According to section 207, a son and daughter of a couple who cannot conclude marriage or not considered a valid marriage by law, shall obtain their partition share from the father and mother. section 208 says that a son and a daughter whose father is not traced out shall obtain their partition share from the property of the mother. The son or daughter born from a wife who is kept without making public, shall not be entitled to claim partition share after the death of the husband or father. Section 212 says that separation may be made at any time if there is a mutual agreement between the coparcener. The husband and wife may get separated at any time obtaining their respective partition share. Section 214 makes provision that a widow may get separated at any time by taking her partition share and if she concludes another marriage, the son or daughter from previous husband gets the property and if no such daughter or son, then she herself may retain such property. The deed of partition is to be executed and is compulsorily to be registered in the concerned ward office as per section 218. The partition is effected on the basis of inventory received.

If any coparcener wants to get separated by taking his or her partition share, may file a lawsuit and specify therein the date of separation of bread and board from the other coparcener. Also setting out an inventory of the property and debts and assets held in his or her name and that of the other coparceners. Matters to be mentioned in the deed of partition are as following:

  • Name, surname, age, address of every coparcener and that of his or her father or mother, grand- father and grand- mother,
  • Property to be received by coparceners,
  • If the part of a coparcener involves debts, money receivable, amount of such debt and money,
  • If, upon partition, any coparcener is to live with another coparcener, then that details,
  • Matter that no coparcener has concealed property,
  • If any property is to be devolved on a coparcener only, upon the death of father, mother, husband or wife then, such details thereof,
  • If the partition share of any coparcener is to be entrusted to any one, then the details thereof,
  • Other necessary matters.

The law has prohibited to provide property in common to only a coparcener who has not taken partition share and is a coparcener without effecting partition in section 219. No person shall conceal or hide the property that is liable to be partitioned among the coparceners. According to section 229, the pledged or mortgaged property is to be released from the property in common if it is found that the property is pledged or mortgaged that is liable to partition. Section 230 says that if one has filed lawsuit to obtain partition share, after the submission of inventory, makes petition to the court to withhold his or her property to the extent of his or her partition share or income thereof be withheld, then the court may withhold such property. At the time of making partition, if any coparcener has not access to way or passage, and if such passage can be managed from the land of other coparcener, then partition is effected that the concerned coparcener has to provide way or passage to that coparcener. Section 232 says that partition is not to be effected in a manner that gives the responsibility of the payment of the debt of the joint family to a sole coparcener without the consent of the creditor. Section 233 provides for the payment of the compensation by the law- suit filing person to the defendant if the petitioner is not entitled to receive a partition share.
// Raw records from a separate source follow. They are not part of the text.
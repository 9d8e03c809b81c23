//! The event lines of a report.

ghost use Rattle.std.specs.Prelude.{◌≡◌, ◌≤◌, List, [], ◌∷◌, ◌++◌, IfOk, codes};
ghost use Rattle.fol_events.specs.Told.{Tells, Continues, count_line};

use crate::faults::Fault;
use crate::lines::{behind_head, count_line, event_line};
use fol_model::{Entry, PackedEntry, Sequence};
use std::alloc::{AllocError, Global};

/// What the event lines of a report tell.
#[derive(Drop)]
pub enum EventLines {
    /// The history of these entries, each with the number 0 of a seat, since a report does not tell it.
    Events(Sequence<PackedEntry>),
    /// This line, counted from 1, is the first that is not as it must be.
    Text(u64),
}

/// The events of so many lines.
fn read_lines(alloc: Global, count: u64, text: &[u8]) -> Result<EventLines, AllocError>
    requires { count ≤ 16777216 }
    ensures { IfOk result (λ r. Continues count text.now r) }
{
    let mut entries = Vec::new(alloc);
    let mut rest = text;
    for told in 0..count {
        match event_line(alloc, rest) {
            Ok((event, after)) => {
                let entry = PackedEntry::new(alloc, Entry { by: 0, event })?;
                entries.push(entry)?;
                rest = after;
            }
            Err(Fault::Unspelled) => return Ok(EventLines::Text(told + 3)),
            Err(Fault::NoMemory(error)) => return Err(error),
        }
    }
    Ok(EventLines::Events(Sequence::of(entries)))
}

/// The history that the event lines of a report tell, or its first line that is not as it must be.
///
/// Line 1 must be `report 1`, line 2 `events N` with N at most 16,777,216, and the next N lines each the line of an event whose numbers
/// are within their types, whose places are within the limits, and which posts only what may be asked for. A line that is missing or
/// does not end is not as it must be. What follows these lines is not read. Any bytes are taken; the only error is out of memory. Time
/// and memory are linear in the length of the bytes, whatever they tell.
pub fn read_events(alloc: Global, bytes: &[u8]) -> Result<EventLines, AllocError>
    ensures { IfOk result (λ r. Tells bytes.now r) }
{
    let Ok(behind) = behind_head(bytes) else {
        return Ok(EventLines::Text(1));
    };
    let Ok((count, text)) = count_line(behind) else {
        return Ok(EventLines::Text(2));
    };
    read_lines(alloc, count, text)
}
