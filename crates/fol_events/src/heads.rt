//! The first words of event lines.

ghost use Rattle.std.specs.Prelude.{◌≡◌};
ghost use Rattle.fol_events.specs.Heads as spec;

/// The first word of an event line.
#[derive(Clone, Copy)]
pub enum Head {
    Load,
    Unload,
    Post,
    Open,
    Begin,
    End,
    Close,
    Finish,
    Stop,
}

/// All of them, those that come often first.
const HEADS: &[Head] = &[
    Head::Begin,
    Head::End,
    Head::Post,
    Head::Load,
    Head::Unload,
    Head::Open,
    Head::Close,
    Head::Finish,
    Head::Stop,
];

/// The spelling of a first word.
fn spelling(head: Head) -> &'static [u8]
    ensures { result.now ≡ spec.head_spelled head }
{
    match head {
        Head::Load => b"load",
        Head::Unload => b"unload",
        Head::Post => b"post",
        Head::Open => b"open",
        Head::Begin => b"begin",
        Head::End => b"end",
        Head::Close => b"close",
        Head::Finish => b"finish",
        Head::Stop => b"stop",
    }
}

/// The first word that a word is.
#[tactic(auto, unfolding(crate::specs::Heads::head_of))]
pub fn head_of(word: &[u8]) -> Option<Head>
    ensures { result ≡ spec.head_of word.now }
{
    HEADS.iter().copied().find(|head| word == spelling(*head))
}
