/// Whether the store has a bag, and its chunks are the right ones still.
pub fn is_ready(bags: &Bags, id: usize) -> bool
    requires { is_open (slot_in bags.now.items id) ≡ true }
    ensures { result ≡ ((slot_in bags.now.items id).here && (slot_in bags.now.items id).listed) }
{
    let slot = bags.slot(id);
    slot.here && slot.listed
}

/// A chunk comes to a listed bag. Unless nothing lies on it, which is `quiet`, it is noted, and the bag is calm no more. If memory runs
/// out, the bag has to be gathered anew.
pub fn admit(bags: &mut Bags, id: usize, c: ChunkPos, quiet: bool) -> Result<(), AllocError>
    requires open { is_open (slot_in bags.old.items id) ≡ true }
    requires order { IsStrictlySortedBy chunk_cmp (slot_in bags.old.items id).list }
    ensures order { OnOk result (IsStrictlySortedBy chunk_cmp (slot_in bags.new.items id).list) }
    ensures has { OnOk result ((q : ChunkPos) → is_recorded (slot_in bags.new.items id).list q
        ≡ (is_recorded (slot_in bags.old.items id).list q || same_chunk c q)) }
    ensures noted { OnOk result ((slot_in bags.new.items id).touched
        ≡ (if quiet then (slot_in bags.old.items id).touched
        else (slot_in bags.old.items id).touched ++ c ∷ [])) }
    ensures listed { OnOk result ((slot_in bags.new.items id).listed
        ≡ (slot_in bags.old.items id).listed) }
    ensures kept { (q : ChunkPos) → is_recorded (slot_in bags.old.items id).list q ≡ true
        → is_recorded (slot_in bags.new.items id).list q ≡ true }
    ensures unlisted { OnErr result ((slot_in bags.new.items id).listed ≡ false) }
    ensures sets { SetsSlot id (record (slot_in bags.old.items id) {
      listed = (slot_in bags.new.items id).listed;
      calm = (quiet && (slot_in bags.old.items id).calm);
      chunks = (slot_in bags.new.items id).list;
      list = (slot_in bags.new.items id).list;
      touched = (slot_in bags.new.items id).touched;
    }) bags.old bags.new }
{
    let slot = bags.slot_mut(id);
    let result = slot.admit(c, quiet);
    slot.listed = slot.listed && result.is_ok();
    result
}

/// A chunk leaves a bag.
pub fn dismiss(bags: &mut Bags, id: usize, c: ChunkPos)
    requires open { is_open (slot_in bags.old.items id) ≡ true }
    requires order { IsStrictlySortedBy chunk_cmp (slot_in bags.old.items id).list }
    ensures order { IsStrictlySortedBy chunk_cmp (slot_in bags.new.items id).list }
    ensures has { (q : ChunkPos) → is_recorded (slot_in bags.new.items id).list q
        ≡ (is_recorded (slot_in bags.old.items id).list q && not (same_chunk c q)) }
    ensures sets { SetsSlot id (record (slot_in bags.old.items id) {
      chunks = (slot_in bags.new.items id).list;
      list = (slot_in bags.new.items id).list;
    }) bags.old bags.new }
{
    let slot = bags.slot_mut(id);
    slot.dismiss(c);
}

/// Says whether a bag is listed. Where it is, these chunks leave it.
pub fn list_others(bags: &mut Bags, id: usize, chunks: &[ChunkPos], listed: bool)
    requires open { is_open (slot_in bags.old.items id) ≡ true }
    requires order { listed ≡ true
        → IsStrictlySortedBy chunk_cmp (slot_in bags.old.items id).list }
    ensures order { listed ≡ true
        → IsStrictlySortedBy chunk_cmp (slot_in bags.new.items id).list }
    ensures has { listed ≡ true → (q : ChunkPos)
        → is_recorded (slot_in bags.new.items id).list q
        ≡ (is_recorded (slot_in bags.old.items id).list q && not (is_recorded chunks.now q)) }
    ensures unlisted { listed ≡ false
        → (slot_in bags.new.items id).list ≡ (slot_in bags.old.items id).list }
    ensures sets { SetsSlot id (record (slot_in bags.old.items id) {
      listed = listed;
      chunks = (slot_in bags.new.items id).list;
      list = (slot_in bags.new.items id).list;
    }) bags.old bags.new }
{
    let slot = bags.slot_mut(id);
    slot.listed = listed;
    slot.keep_others(chunks);
}

/// Takes out what lies in a bag, and its chunks.
pub fn take_out(alloc: Global, bags: &mut Bags, id: usize) -> Taken
    requires { is_open (slot_in bags.old.items id) ≡ true }
    ensures body { result.body ≡ (slot_in bags.old.items id).body }
    ensures list { result.chunks ≡ (slot_in bags.old.items id).list }
    ensures left { SameThings no_data (slot_in bags.new.items id).body }
    ensures tasks { (slot_in bags.new.items id).body.queues.tasks ≡ [] }
    ensures sets { SetsSlot id (record (slot_in bags.old.items id) {
      body = (slot_in bags.new.items id).body;
      here = false;
      taken = true;
      list = [];
    }) bags.old bags.new }
{
    let slot = bags.slot_mut(id);
    slot.here = false;
    slot.taken = true;
    slot.list.settle_many();
    let chunks = mem::replace(&mut slot.list, ChunkSet::new(alloc));
    let body = mem::replace(&mut slot.body, new_data(alloc, 0, 0));
    Taken { chunks, body }
}

/// Puts back what was taken out.
pub fn put_in(bags: &mut Bags, id: usize, chunks: ChunkSet, body: RegionData)
    requires { is_open (slot_in bags.old.items id) ≡ true }
    ensures sets { SetsSlot id (record (slot_in bags.old.items id) {
      body = body;
      here = true;
      taken = false;
      list = chunks;
    }) bags.old bags.new }
{
    let slot = bags.slot_mut(id);
    slot.here = true;
    slot.taken = false;
    slot.list = chunks;
    slot.body = body;
}
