//! The words of a line, read one after the other.

ghost use Rattle.std.specs.Prelude.{◌≡◌, IsTrue, ◌↔◌};

use crate::faults::Fault;
use crate::numbers::read_natural;
use fol_model::{BlockPos, ChunkPos, Reading};
use fol_script::{next_word, read_number};
use std::marker::Model;

/// The words of a line that are still to be read.
#[derive(Drop)]
pub struct Words<'a> {
    rest: &'a [u8],
    more: bool,
}

impl<'a> Model for Words<'a> {
    ghost use Rattle.std.specs.Prelude.{ℕ, List};
    ghost use Rattle.fol_script.specs.Marks.{left};

    ghost Value = { List (List ℕ) };

    ghost view = { λ w. left w.more w.rest.now };
}

/// Whether two words are the same.
pub fn is_word(word: &[u8], text: &[u8]) -> bool
    ensures { IsTrue result ↔ (word.now ≡ text.now) }
{
    word == text
}

impl<'a> Words<'a> {
    ghost use Rattle.std.specs.Prelude.{◌≡◌, ℕ, ◌≤◌, ◌<◌, ◌^◌, ◌≤ℤ◌, pos, negsuc, List, [], ◌∷◌, ◌++◌, true, decimal, IfOk, OnOk, OnErr, Err};
    ghost use Rattle.std.specs.Fmt.{signed_decimal};
    ghost use Rattle.fol_model.specs.TextLines.{words};
    ghost use Rattle.fol_model.specs.Geometry.{is_chunk, is_block};
    ghost use Rattle.fol_model.specs.ReportWords.{chunk_words, block_words};
    ghost use Rattle.fol_events.specs.declared.faults.Fault.TheVariants.{Unspelled};
    ghost use Rattle.fol_events.specs.Pieces.{NoneIn, one_word, signed_word};

    /// The words of a line.
    pub fn of(line: &'a [u8]) -> Words<'a>
        ensures { result ≡ words line.now }
    {
        Words {
            rest: line,
            more: true,
        }
    }

    /// The next word.
    pub fn next(&mut self) -> Result<&'a [u8], Fault>
        ensures found { IfOk result (λ w. self.old ≡ w.now ∷ self.new) }
        ensures none { OnErr result (self.old ≡ []) }
    {
        if !self.more {
            return Err(Fault::Unspelled);
        }
        let (word, rest, more) = next_word(self.rest);
        self.rest = rest;
        self.more = more;
        Ok(word)
    }

    /// Passes this word.
    pub fn pass(&mut self, text: &[u8]) -> Result<(), Fault>
        ensures found { OnOk result (self.old ≡ text.now ∷ self.new) }
        ensures none { OnErr result ((more : List (List ℕ)) → self.old ≡ text.now ∷ more → ⊥) }
    {
        let word = self.next()?;
        if is_word(word, text) {
            Ok(())
        } else {
            Err(Fault::Unspelled)
        }
    }

    /// Passes the end of the line: no word is left.
    pub fn end(&mut self) -> Result<(), Fault>
        ensures found { OnOk result (self.old ≡ []) }
        ensures none { OnErr result (self.old ≡ [] → ⊥) }
    {
        match self.next() {
            Ok(_) => Err(Fault::Unspelled),
            Err(_) => Ok(()),
        }
    }

    /// A number up to `most`.
    pub fn natural(&mut self, most: u64) -> Result<u64, Fault>
        ensures found { IfOk result (λ n. (n ≤ most) × (self.old ≡ decimal n ∷ self.new)) }
        ensures none { OnErr result (NoneIn one_word (λ n. n ≤ most) self.old) }
    {
        let word = self.next()?;
        match read_natural(word, most) {
            Some(n) => Ok(n),
            None => Err(Fault::Unspelled),
        }
    }

    /// A number from 1 to `most`.
    pub fn positive(&mut self, most: u64) -> Result<u64, Fault>
        ensures found { IfOk result (λ n. (1 ≤ n) × (n ≤ most)
            × (self.old ≡ decimal n ∷ self.new)) }
        ensures none { OnErr result (NoneIn one_word (λ n. (1 ≤ n) × (n ≤ most)) self.old) }
    {
        let n = self.natural(most)?;
        if n == 0 { Err(Fault::Unspelled) } else { Ok(n) }
    }

    /// A number of 32 bits.
    pub fn small(&mut self) -> Result<u32, Fault>
        ensures found { IfOk result (λ n. self.old ≡ decimal n ∷ self.new) }
        ensures none { OnErr result (NoneIn one_word (λ n. n < 2 ^ 32) self.old) }
    {
        let n = self.natural(4_294_967_295)?;
        Ok(n as u32)
    }

    /// A number of 64 bits.
    pub fn wide(&mut self) -> Result<u64, Fault>
        ensures found { IfOk result (λ n. self.old ≡ decimal n ∷ self.new) }
        ensures none { OnErr result (NoneIn one_word (λ n. n < 2 ^ 64) self.old) }
    {
        self.natural(u64::MAX)
    }

    /// A number from `low` to `high`.
    pub fn integer(&mut self, low: i64, high: i64) -> Result<i32, Fault>
        requires low { negsuc 2147483647 ≤ℤ low }
        requires high { high ≤ℤ pos 2147483647 }
        ensures found { IfOk result (λ z. (low ≤ℤ z) × (z ≤ℤ high)
            × (self.old ≡ signed_decimal z ∷ self.new)) }
        ensures none { OnErr result (NoneIn signed_word (λ z. (low ≤ℤ z) × (z ≤ℤ high)) self.old) }
    {
        let word = self.next()?;
        match read_number(word, low, high) {
            Reading::Is(z) => Ok(z as i32),
            _ => Err(Fault::Unspelled),
        }
    }

    /// A chunk.
    pub fn chunk(&mut self) -> Result<ChunkPos, Fault>
        ensures found { IfOk result (λ c. (is_chunk c ≡ true)
            × (self.old ≡ chunk_words c ++ self.new)) }
        ensures none { OnErr result (NoneIn chunk_words (λ c. is_chunk c ≡ true) self.old) }
    {
        let x = self.integer(-1_000_000, 1_000_000)?;
        let z = self.integer(-1_000_000, 1_000_000)?;
        Ok(ChunkPos { x, z })
    }

    /// A block.
    pub fn block(&mut self) -> Result<BlockPos, Fault>
        ensures found { IfOk result (λ b. (is_block b ≡ true)
            × (self.old ≡ block_words b ++ self.new)) }
        ensures none { OnErr result (NoneIn block_words (λ b. is_block b ≡ true) self.old) }
    {
        let x = self.integer(-16_000_000, 16_000_015)?;
        let y = self.integer(0, 255)?;
        let z = self.integer(-16_000_000, 16_000_015)?;
        Ok(BlockPos { x, y, z })
    }
}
The person who is aggrieved of any of the act done or action taken under the chapter of partition can make a lawsuit as follows:

  • Any time if partition has never been effected or a common general deed has been executed in effecting partition and even though there is no deed and the parties have used the property by self-calculation,
  • Within three months from the date of partition if one is not satisfied with such partition,
  • In case of concealing property, till the life of the concerned coparcener,
  • In other cases, within six months after the date on which such an act was done or action was taken.